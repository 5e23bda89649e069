//! The commit of a new base.

ghost use Rattle.std.specs.Prelude.{◌≡◌, ◌<◌, ◌⊎◌, ◌∷◌, [], ◌++◌, ℕ, List, Some, false, true, OnOk, IfErr, MatchResult};
ghost use Rattle.std.specs.List.{AllByRecursion};
ghost use Rattle.afl_outside.specs.Disk.{DiskGoesOn, FailsWithCause};
ghost use Rattle.page_chain.specs.Opens.{OpensAs};
ghost use Rattle.page_chain.specs.Places.{IsNone, KeepsPages};
ghost use Rattle.page_chain.specs.Inner.Runs.{OnlyWrites, Sees};
ghost use Rattle.page_chain.specs.Standing.{IsClosed, IsDurable, KeepsSound};
ghost use Rattle.page_chain.specs.Steps.{emptied, with_root};
ghost use Rattle.page_chain.specs.declared.slots.slots.slots.Target.TheVariants as targets;
ghost use Rattle.page_chain.specs.declared.slots.slots.slots.RootSlot.TheVariants as roots;
ghost use Rattle.page_file.specs.Written.{MayWrite};
ghost use Rattle.page_file.specs.Commits.{root_of, base_pages, commit_pages, IsBlobSized, IsChainSized, HoldsAll};
ghost use Rattle.page_file.specs.Moments.{HasBase, IsKnown, LeavesOne, MakesBase, MayHaveBase, PassesBy, Rereads, StaysKnown, StopsBase};
ghost use Rattle.page_file.specs.Inner.Going.{Goes};

use crate::PageFile;
use crate::commits::pages::{close, write_pages};
use crate::commits::{Placed, Stopped};
use afl_outside::{Disk, Failed};

/// Writes a page of zeros.
fn write_zeros<D: Disk>(file: &mut PageFile<D>, log: u32) -> Result<(), Failed>
    requires closed { IsClosed file.old.slots }
    requires free { MayWrite (log ∷ []) file.old.slots }
    ensures slots { MatchResult result
        (λ _. file.new.slots ≡ record (emptied file.old.slots) { zeroed = Some log })
        (λ _. file.new.slots ≡ record (emptied file.old.slots) { zeroed = file.new.slots.zeroed }) }
    ensures sound { KeepsSound file.old.slots file.new.slots (D.moment file.old.disk) (D.moment file.new.disk) }
    ensures seen { Sees (D.moment file.old.disk).state (D.moment file.new.disk).state (KeepsPages (log ∷ [])) }
    ensures writes { OnlyWrites (log ∷ []) (D.moment file.old.disk) (D.moment file.new.disk) }
    ensures cause { FailsWithCause result (D.moment file.old.disk) (D.moment file.new.disk) }
{
    let zeros = [0u8; 4096];
    match file.write_blob(&[log], &zeros) {
        Ok(()) => Ok(()),
        Err(Failed) => Err(Failed),
    }
}

/// Writes the blobs, the chain, and the log page.
fn write_base_pages<D: Disk>(
    file: &mut PageFile<D>,
    blobs: &[Placed],
    chain: &Placed,
    log: u32,
) -> Result<(), Failed>
    requires closed { IsClosed file.old.slots }
    requires free { MayWrite (base_pages blobs.now chain.now log) file.old.slots }
    requires sized { AllByRecursion IsBlobSized blobs.now }
    requires chain { IsChainSized chain.now }
    ensures slots { file.new.slots ≡ record (emptied file.old.slots) { zeroed = file.new.slots.zeroed } }
    ensures zeroed { OnOk result (file.new.slots.zeroed ≡ Some log) }
    ensures sound { KeepsSound file.old.slots file.new.slots (D.moment file.old.disk) (D.moment file.new.disk) }
    ensures seen { Sees (D.moment file.old.disk).state (D.moment file.new.disk).state (KeepsPages (base_pages blobs.now chain.now log)) }
    ensures writes { OnlyWrites (base_pages blobs.now chain.now log) (D.moment file.old.disk) (D.moment file.new.disk) }
    ensures holds { OnOk result (Sees (D.moment file.old.disk).state (D.moment file.new.disk).state (λ seen now. HoldsAll now blobs.now chain.now)) }
    ensures cause { FailsWithCause result (D.moment file.old.disk) (D.moment file.new.disk) }
{
    match write_pages(file, blobs, chain) {
        Ok(()) => match write_zeros(file, log) {
            Ok(()) => Ok(()),
            Err(Failed) => Err(Failed),
        },
        Err(Failed) => Err(Failed),
    }
}

/// Writes the pages and the body of the root slot.
fn fill_base<D: Disk>(
    file: &mut PageFile<D>,
    blobs: &[Placed],
    chain: &Placed,
    sequence: u64,
    log: u32,
) -> Result<(), Failed>
    requires target { file.old.slots.target ≡ targets.Root }
    requires closed { IsClosed file.old.slots }
    requires free { MayWrite (base_pages blobs.now chain.now log) file.old.slots }
    requires sized { AllByRecursion IsBlobSized blobs.now }
    requires chain { IsChainSized chain.now }
    requires newer { file.old.slots.current.root.sequence < sequence }
    ensures slots { MatchResult result
        (λ _. file.new.slots
        ≡ record (emptied file.old.slots) { other = roots.Written (root_of sequence chain.now log); zeroed = Some log })
        (λ _. file.new.slots
        ≡ record (emptied file.old.slots) { other = roots.Closed; doubtful = file.new.slots.doubtful; zeroed = file.new.slots.zeroed }) }
    ensures known { StaysKnown file.old.slots file.new.slots (D.moment file.old.disk) (D.moment file.new.disk) }
    ensures goes { (seen : List ℕ) → IsKnown file.old.slots seen (D.moment file.old.disk)
        → Goes (0 ∷ base_pages blobs.now chain.now log) (OpensAs file.old.slots.current file.old.slots.records)
        (D.moment file.old.disk) (D.moment file.new.disk) }
    ensures holds { OnOk result ((seen : List ℕ) → IsKnown file.old.slots seen (D.moment file.old.disk)
        → (c : List ℕ) → (D.moment file.new.disk).may_leave c → HoldsAll c blobs.now chain.now) }
    ensures seen { Rereads (0 ∷ base_pages blobs.now chain.now log) file.old.slots (D.moment file.old.disk) (D.moment file.new.disk) }
    ensures same { DiskGoesOn (D.moment file.old.disk).state (D.moment file.new.disk).state }
    ensures cause { FailsWithCause result (D.moment file.old.disk) (D.moment file.new.disk) }
{
    match write_base_pages(file, blobs, chain, log) {
        Ok(()) => match file.write_root(chain.root(sequence, log)) {
            Ok(()) => Ok(()),
            Err(Failed) => Err(Failed),
        },
        Err(Failed) => Err(Failed),
    }
}

/// Opens the root slot.
fn open_base<D: Disk>(
    file: &mut PageFile<D>,
    blobs: &[Placed],
    chain: &Placed,
    sequence: u64,
    log: u32,
) -> Result<(), Failed>
    requires target { file.old.slots.target ≡ targets.Root }
    requires sure { file.old.slots.doubtful ≡ false }
    requires written { file.old.slots.other ≡ roots.Written (root_of sequence chain.now log) }
    requires zeroed { file.old.slots.zeroed ≡ Some log }
    requires apart { IsNone (commit_pages blobs.now chain.now) 0 }
    ensures slots { MatchResult result
        (λ _. file.new.slots ≡ with_root (root_of sequence chain.now log) file.old.slots)
        (λ _. file.new.slots ≡ record (file.old.slots) { other = roots.Opening (root_of sequence chain.now log); doubtful = true }) }
    ensures known { StaysKnown file.old.slots file.new.slots (D.moment file.old.disk) (D.moment file.new.disk) }
    ensures goes { (seen : List ℕ) → IsKnown file.old.slots seen (D.moment file.old.disk)
        → ((d : List ℕ) → (D.moment file.old.disk).may_leave d → HoldsAll d blobs.now chain.now)
        → Goes (0 ∷ [])
        (λ c. OpensAs file.old.slots.current file.old.slots.records c ⊎ MayHaveBase file.old.slots blobs.now chain.now sequence log c)
        (D.moment file.old.disk) (D.moment file.new.disk) }
    ensures done { OnOk result ((seen : List ℕ) → IsKnown file.old.slots seen (D.moment file.old.disk)
        → ((d : List ℕ) → (D.moment file.old.disk).may_leave d → HoldsAll d blobs.now chain.now)
        → (c : List ℕ) → (D.moment file.new.disk).may_leave c → HasBase file.old.slots blobs.now chain.now sequence log c) }
    ensures durable { OnOk result (IsDurable (D.moment file.old.disk) (D.moment file.new.disk)) }
    ensures seen { Rereads (0 ∷ []) file.old.slots (D.moment file.old.disk) (D.moment file.new.disk) }
    ensures same { DiskGoesOn (D.moment file.old.disk).state (D.moment file.new.disk).state }
    ensures cause { FailsWithCause result (D.moment file.old.disk) (D.moment file.new.disk) }
{
    match file.open_slot() {
        Ok(()) => Ok(()),
        Err(Failed) => Err(Failed),
    }
}

/// Commits a new base, whose catalogue is the chain: closes the root slot that isn't current, writes the blobs, the chain, a log page of
/// zeros and the slot's body, and opens the slot.
pub fn commit_base<D: Disk>(
    file: &mut PageFile<D>,
    blobs: &[Placed],
    chain: &Placed,
    sequence: u64,
    log: u32,
) -> Result<(), Stopped>
    requires target { file.old.slots.target ≡ targets.Root }
    requires free { MayWrite (base_pages blobs.now chain.now log) file.old.slots }
    requires sized { AllByRecursion IsBlobSized blobs.now }
    requires chain { IsChainSized chain.now }
    requires newer { file.old.slots.current.root.sequence < sequence }
    ensures done { OnOk result (MakesBase file.old.slots file.new.slots blobs.now chain.now sequence log (D.moment file.old.disk) (D.moment file.new.disk)) }
    ensures failed { IfErr result (λ stage. StopsBase stage file.old.slots file.new.slots blobs.now chain.now sequence log
        (D.moment file.old.disk) (D.moment file.new.disk)) }
    ensures known { StaysKnown file.old.slots file.new.slots (D.moment file.old.disk) (D.moment file.new.disk) }
    ensures during { PassesBy 0 (base_pages blobs.now chain.now log) file.old.slots
        (MayHaveBase file.old.slots blobs.now chain.now sequence log) (D.moment file.old.disk) (D.moment file.new.disk) }
    ensures durable { OnOk result (LeavesOne file.old.slots (D.moment file.old.disk) (D.moment file.new.disk)) }
    ensures seen { Rereads (0 ∷ base_pages blobs.now chain.now log) file.old.slots (D.moment file.old.disk) (D.moment file.new.disk) }
    ensures same { DiskGoesOn (D.moment file.old.disk).state (D.moment file.new.disk).state }
    ensures cause { FailsWithCause result (D.moment file.old.disk) (D.moment file.new.disk) }
{
    match close(file) {
        Ok(()) => match fill_base(file, blobs, chain, sequence, log) {
            Ok(()) => match open_base(file, blobs, chain, sequence, log) {
                Ok(()) => Ok(()),
                Err(Failed) => Err(Stopped::Opening),
            },
            Err(Failed) => Err(Stopped::Filling),
        },
        Err(Failed) => Err(Stopped::Closing),
    }
}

■ **THE PROBLEM**: Search the data above for the string "Written" and report each line that holds it.

■ **PROBLEM SOLUTION**:
ghost use Rattle.page_file.specs.Written.{MayWrite};
        ≡ record (emptied file.old.slots) { other = roots.Written (root_of sequence chain.now log); zeroed = Some log })
    requires written { file.old.slots.other ≡ roots.Written (root_of sequence chain.now log) }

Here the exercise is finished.